Adrenergic Autoantibody‐Induced Postural Tachycardia Syndrome in Rabbits, 2019, Li et al

“I hope you are not going to say muscarinic”.
I don't think these authors are saying 'muscarinic'. They worked with adrenergic autoantibodies. As far as I can see they are different things.

The authors suggest that these have autoantibodies been found in all POTS patients tested by one group in small studies. and that it isn't known if healthy individuals are just as likely to have the antibodies to adrenergic receptors.

Is the latter point, that the prevalence of these adrenergic autoantibodies isn't known in healthy people, correct?

What evidence have you seen Jonathan that suggests the levels of adrenergic autoantibodies in people with ME and healthy people are similar? I expect there is something, but it would be good to be reminded what it is.

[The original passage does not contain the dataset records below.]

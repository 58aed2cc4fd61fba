//! The auxiliary header of a secured NWK frame.
ghost use Rattle.std.specs.Prelude.{◌≡◌, ◌≤◌, ◌<◌, ◌^◌, ◌++◌, length, IfOk, IsTrue, ◌↔◌};
ghost use Rattle.zb_cursor.specs.Reading.{Gives};
ghost use Rattle.zb_cursor.specs.Writing.{Appends};
ghost use Rattle.zb_nwk.specs.Spelling.{aux};
ghost use Rattle.zb_nwk.specs.Shape.{IsAuxControl, AuxInRange};
ghost use Rattle.zb_nwk.specs.Reading.{aux_control_at, aux_at};
ghost use Rattle.zb_cursor.specs.Spelling.{byte};

use crate::fault::NwkError;
use zb_base::{Eui, Frame};
use zb_cursor::{Reader, TooLong, has_bit, put_byte, put_eui, put_number32};

/// The auxiliary header of a NWK frame (05-3474-21, 4.5.1), with the extended nonce.
#[derive(Clone, Copy, Debug, PartialEq, Eq)]
pub struct NwkAux {
    /// The byte as on the air. Bits 0 to 2: level; 3 and 4: key identifier; 5: extended nonce; the others are free.
    pub control: u8,
    /// The frame counter of the node that sealed the frame.
    pub counter: u32,
    /// The EUI of the node that sealed the frame.
    pub source: Eui,
    /// The sequence number of the network key that seals it.
    pub key_sequence: u8,
}

impl NwkAux {
    /// Returns whether the reader accepts the control byte: the network key, with the extended nonce.
    pub fn shape_ok(&self) -> bool
        ensures { IsTrue result ↔ IsAuxControl self.now.control }
    {
        (self.control >> 3) & 3 == 1 && has_bit(u16::from(self.control), 5)
    }
}

/// Reads the control byte of a header with the network key and the extended nonce.
#[tactic(auto, unfolding(crate::specs::Reading::aux_control_at))]
fn read_aux_control(reader: &mut Reader<NwkError>) -> Result<u8, NwkError>
    ensures exact { Gives result reader.new.rest.now (aux_control_at reader.old.cut reader.old.rest.now) }
    ensures spelled { IfOk result (λ x. reader.old.rest.now ≡ byte x ++ reader.new.rest.now) }
    ensures shaped { IfOk result (λ x. IsAuxControl x) }
    ensures in_range { IfOk result (λ x. x < 2 ^ 8) }
    ensures shorter { length reader.new.rest.now ≤ length reader.old.rest.now }
    ensures cut { reader.new.cut ≡ reader.old.cut }
{
    let control = reader.byte()?;
    let key_id = (control >> 3) & 3;
    if key_id != 1 {
        return Err(NwkError::KeyId { found: key_id });
    }
    if !has_bit(u16::from(control), 5) {
        return Err(NwkError::NoSource);
    }
    Ok(control)
}

/// Reads an auxiliary header.
///
/// # Errors
///
/// The first fault of the bytes: a field that isn't whole, another key identifier, or no source.
#[tactic(auto, unfolding(crate::specs::Reading::aux_at))]
pub(crate) fn read_aux(reader: &mut Reader<NwkError>) -> Result<NwkAux, NwkError>
    ensures exact { Gives result reader.new.rest.now (aux_at reader.old.cut reader.old.rest.now) }
    ensures spelled { IfOk result (λ x. reader.old.rest.now ≡ aux x ++ reader.new.rest.now) }
    ensures shaped { IfOk result (λ x. IsAuxControl x.control) }
    ensures in_range { IfOk result (λ x. AuxInRange x) }
    ensures shorter { length reader.new.rest.now ≤ length reader.old.rest.now }
    ensures cut { reader.new.cut ≡ reader.old.cut }
{
    let control = read_aux_control(reader)?;
    let counter = reader.number32()?;
    let source = reader.eui()?;
    let key_sequence = reader.byte()?;
    Ok(NwkAux {
        control,
        counter,
        source,
        key_sequence,
    })
}

/// Writes an auxiliary header at the end.
///
/// # Errors
///
/// `TooLong` if there is no room for the bytes.
pub(crate) fn put_aux(out: &mut Frame, value: &NwkAux) -> Result<(), TooLong>
    ensures { Appends out.old.items (aux value.now) out.new.items result }
{
    put_byte(out, value.control)?;
    put_number32(out, value.counter)?;
    put_eui(out, value.source)?;
    put_byte(out, value.key_sequence)?;
    Ok(())
}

It is possible that there are different antibodies in ME but then the assays are not showing that up so the ME antibodies might be any sort of antibodies, unrelated to adrenergic or muscarinic receptors- so we are back to first base.
My question that prompted this answer wasn't whether there are different antibodies, but whether the same antibodies, and even the same levels of the same antibodies, might have different effects in healthy people and people with ME. Maybe if there was something different about the receptors, or what happens when the antibodies bind to the receptors?
 
So i looked up a lot of studies again for graves disease and rituximab. For me it still seems to only help with the graves opthalmopathy and not the disease itself. Also it seems strange to me why you would prefer a medical removal of a life dependant gland instead of trying to treat it with other options like rituximab if it would work that great. Because why would you prefer to make a patient lifelong dependant on medical substitution when you could save the organ otherwise. Also its a strange coincidence that a lot of patients in graves disease start with a normal infection just like so many cfs patients report. I still stand by my assumption that graves disease and cfs have a lot in common in how they operate as a disease. You get a normal viral / intracellular bacterial infection, the body wants to help you but builds autoantibodies who act like hormones in the process via molecular mimicry.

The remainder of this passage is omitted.